## Chapter 6 -  Decision Trees

### The CART Training Algorithm

SKLearn uses the Classification and Regression Tree (CART) algorithm to train Decision Trees. First, split the training set using a feature $k$ and a threshold $t_k$. Find this feature-threshold pair $(k,t_k)$ that produces the purest subsets. The cost function to minimise is:

$$J(k,t_k) = \frac{m_{\text{left}}}{m}G_\text{left} + \frac{m_{\text{right}}}{m}G_\text{right}$$

where $G_{\text{left or right}}$ is the impurity of the left or right subset and $m_{\text{left or right}}$ is the number of instances in the left or right subset. $G$ can be either Gini or Entropy.

Once it has successfully split the training set in two, it continues to do so recursively until it reaches the max depth or it cannot find a split to further reduce impurity.
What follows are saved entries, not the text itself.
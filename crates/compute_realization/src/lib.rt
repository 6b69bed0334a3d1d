// Which lists of parent distances some values have, and the least values that have one, in linear
// time.
#![tactic(auto)]

ghost use Rattle.std.specs.Prelude.{◌+ℤ◌, ◌≡◌, ◌&&◌, ◌++◌, ◌-◌, ◌≤◌, ◌<◌, ◌≤ℤ◌};
ghost use Rattle.lists.specs.Prelude.{true, List, ℕ, eqb, leb, ltb, pos, length, get_or, drop, any};
ghost use Rattle.bit_sets.specs.BitSets.{bit_at};
ghost use Rattle.realization.specs.Realization.{realizable, least_realization};
ghost use Rattle.realization.specs.Walk.{leads, opened};
ghost use Rattle.compute_realization.specs.OpenDistances.{open_distances, Led, OpenBits};
ghost use Rattle.compute_realization.specs.NextLower.{IsNext};

// Whether the place target is open at i: whether the way of links from i - 1 down comes by it.
fn is_open(ds: &[u32], i: usize, target: usize) -> bool
    requires { (target < i) × (i ≤ length ds.now) × Led ds.now i }
    ensures { result ≡ any (eqb (i - target)) (open_distances ds.now i) }
{
    let mut j = i - 1;
    while j > target {
        let d = ds[j] as usize;
        if d == 0 {
            return false;
        }
        j -= d;
    }
    j == target
}

// Whether the distance at i leads to an open place, or is 0. near holds the distances below 64 that
// do.
fn leads_back(ds: &[u32], i: usize, near: u64) -> bool
    requires { (i < length ds.now) × Led ds.now i × OpenBits near (open_distances ds.now i) }
    ensures { result ≡ leads (get_or ds.now i 0) (open_distances ds.now i) }
{
    let d = ds[i] as usize;
    if d < 64 {
        return bit_sets::has(near, d);
    }
    if d > i {
        return false;
    }
    is_open(ds, i, i - d)
}

// The distances that are not nearer than d; none where d is 0, which shuts every place.
fn not_nearer(d: usize) -> u64
    requires { d < 64 }
    ensures { (j : ℕ) → j < 64 → bit_at result j ≡ (ltb 0 d && leb d j) }
{
    (18446744073709551615u64 << ((d + 63) % 64)) << 1
}

// The distances below 64 that are in order one place on, after a distance d: 0 and 1, and one more
// than each that is open and not nearer than d.
fn near_after(near: u64, d: usize) -> u64
    ensures { (os : List ℕ) → OpenBits near os → OpenBits result (opened d os) }
{
    if d >= 64 {
        return 3;
    }
    (bit_sets::common(near, not_nearer(d)) << 1) | 3
}

// Whether some values have these parent distances.
pub fn is_realizable(ds: &[u32]) -> bool
    ensures { result ≡ realizable ds.now }
{
    let mut near = 1u64;
    for i in 0..ds.len() {
        if !leads_back(ds, i, near) {
            return false;
        }
        near = near_after(near, ds[i] as usize);
    }
    true
}

// The first place after i whose distance is 0 or leads before i, which is where the next lower
// value is; the length where there is none. next holds the same of every place after i.
// No Option: `next`, an array of fixed size, keeps the same numbers, and the length ends the walk.
fn next_lower(ds: &[u32], next: &[u32; 256], i: usize) -> usize
    requires i_in_bounds { (i < length ds.now) × (length ds.now ≤ 256) }
    requires by_index { (k : ℕ) → i < k → k < length ds.now → IsNext ds.now k (get_or next.now k 0) }
    ensures { IsNext ds.now i result }
{
    let n = ds.len();
    let mut j = i + 1;
    while j < n {
        let d = ds[j] as usize;
        if d == 0 {
            return j;
        }
        if d > j - i {
            return j;
        }
        j = next[j] as usize;
    }
    j
}

// One more than the value at j.
fn one_more(out: &[i32], j: usize) -> i32
    requires { (j < length out.now) × (get_or out.now j (pos 0) ≤ℤ pos 255) }
    ensures { result ≡ get_or out.now j (pos 0) +ℤ pos 1 }
{
    out[j] + 1
}

// The least values that have these parent distances, at the front of out.
pub fn least_realization(ds: &[u32], out: &mut [i32])
    requires ds_value { realizable ds.now ≡ true }
    requires ds_len_bound { (length ds.now ≤ 256) × (length ds.now ≤ length out.old) }
    ensures { out.new ≡ least_realization ds.now ++ drop (length ds.now) out.old }
{
    let n = ds.len();
    let mut next = [0u32; 256];
    for i in (0..n).rev() {
        let j = next_lower(ds, &next, i);
        next[i] = j as u32;
        if j < n {
            out[i] = one_more(out, j);
        } else {
            out[i] = 0;
        }
    }
}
To determine whether to use Gini or Entropy, most of the time it does not matter but Gini tends to isolate the most frequent class in its own branch of the tree while entropy leads to more balanced trees.

In [1]:
import pandas as pd
import numpy as np
import matplotlib.pyplot as plt

from sklearn import datasets
from sklearn.tree import DecisionTreeClassifier, DecisionTreeRegressor
from sklearn.linear_model import LinearRegression
from sklearn.tree import export_graphviz

from graphviz import Source # For creating the visualisation of the decision tree

from sklearn.metrics import mean_squared_error, mean_absolute_error

### Regularisation Hypterparameters

Decision trees do not need to assume the model is linear. If left unconstrained the tree usually overfits the training data. There are some ways to regularise the model. You can restrict the:
- `max_depth` maximum number of traversals from root to leaf
- `min_samples_split` minimum number of samples a node must have before a split occurs
- `min_samples_leaf` minimum number of samples a leaf node must have
- `max_leaf_nodes` maximum number of leaf nodes
- `max_features` maximum number of features evaluated for splitting each node.

### Regression

Decision trees are also capable of performing regression tasks.

In [2]:
X = pd.read_csv('housing_X_feateng_complete.csv')
y = pd.read_csv('housing_y_feateng_complete.csv')

In [3]:
tree_reg = DecisionTreeRegressor(max_depth=3)
tree_reg.fit(X,y)

DecisionTreeRegressor(ccp_alpha=0.0, criterion='mse', max_depth=3,
                      max_features=None, max_leaf_nodes=None,
                      min_impurity_decrease=0.0, min_impurity_split=None,
                      min_samples_leaf=1, min_samples_split=2,
                      min_weight_fraction_leaf=0.0, presort='deprecated',
                      random_state=None, splitter='best')

In [4]:
# Visualise tree
graph = Source(export_graphviz(tree_reg, out_file=None, 
                               feature_names=X.columns,))
graph.view()

'Source.gv.pdf'

Instead of predicting a class, the tree now predicts a value. The prediction is simply an average target value of all the instances in the leaf node.

In [5]:
y_pred = tree_reg.predict(X)
np.sqrt(mean_squared_error(y, y_pred))

74660.69256640242

During training, the CART algorithm remains the same, with some tweaks:

$$J(k,t_k) = \frac{m_{\text{left}}}{m}\text{MSE}_\text{left} + \frac{m_{\text{right}}}{m}\text{MSE}_\text{right}$$

where $\text{MSE}_{\text{left or right}}$ is the MSE of the left or right subset measured as $\sum_{i}(\hat{y}-y^{(i)})^2$ and $\hat{y} = \frac{1}{m_{\text{node}}}\sum_i y^{(i)}$. Make a prediction using the mean of all instances in the node and calculate MSE from that mean in the node.

### Limitations

Decision trees have orgotonal decision boundaries (splits are perpendicular to an axis), which makes the training set sensitive to rotation. One way to help with this is to use PCA. Decision trees are also sensitive to small variations in the data. Random forests can be a way to limit these sensitivities.